Arena answered a follow-up question by noting that Gil is “not having surgery as far as I know.”

The extent of the playmaker’s injury, and the duration of his absence, will have enormous implications for the rest of New England’s season.

Transfer speculation has come to New England.

The profile of MLS has raised in the eyes of European scouts over the last few years, with success stories like Alphonso Davies at Bayern Munich and Weston McKennie (now a regular midfielder for Juventus).

In 2021, it appears that serious attention is finally being paid to New England players.

Most prominently is Buchanan, the 22-year-old Canadian winger. After being named in the Gold Cup’s Best XI (and winning the tournament’s Best Young Player Award), overseas interest in him seems to have escalated.

According to MLS reporter Tom Bogert, the Revolution agreed in principle with Belgian team Club Brugge to a transfer worth $7 million. The deal is not done, however, as terms have yet to be completed. Two German Bundesliga teams are also still interested in Buchanan, as Bogert explained.


Asked a day later about the report, Arena simply said that “when we have any news of that, we will make sure that the press is the first to know.”

“Why MLS puts out these stories, I don’t know,” Arena added. “But we will update everyone if there are going to be any moves. And if we finalize a move, we’ll let you know, and you’ll get accurate information.”

The other Revolution player currently involved in transfer rumors is left back DeJuan Jones. The 24-year-old, who New England selected 11th overall in the 2019 MLS SuperDraft (two spots behind when the team picked Buchanan) is reportedly on the radar of Belgian, German, and Greek teams, per SB Nation soccer reporter Ives Galarcep.


Obviously, Arena will have to balance his team’s clear intentions to compete for MLS Cup in 2021 with the long-term goals of younger players who have aspirations to play in Europe.

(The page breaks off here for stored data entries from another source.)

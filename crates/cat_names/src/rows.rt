use q_base::{ObjId, SchemaId, Str};

/// A schema of the catalog.
#[derive(Drop)]
pub struct SchemaRow {
    pub id: SchemaId,
    pub name: Str,
}

/// The name of a table, view or index, which is that of no other object of its schema.
#[derive(Drop)]
pub struct NameRow {
    pub schema: SchemaId,
    pub name: Str,
    pub id: ObjId,
}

In this regard, one potential example of what might happen is the case of Brendan Aaronson, older brother of Philadelphia’s teenage goalscorer from Sunday. When the Union struck a deal for him to transfer to Red Bull Salzburg in Austria in the fall of 2020, the agreement allowed for him to remain in Philadelphia for the remainder of the MLS season, leaving for his new team afterward. This might be how New England handles a potential deal, whether for Buchanan or anyone else, as Arena appeared to suggest when asked about transfer rumors in July.


“We don’t expect to transfer any of our players out in 2021,” Arena replied. Yet if New England — fielding a talented cast of younger players — continues to excel in the 2021 season, that statement might be tested.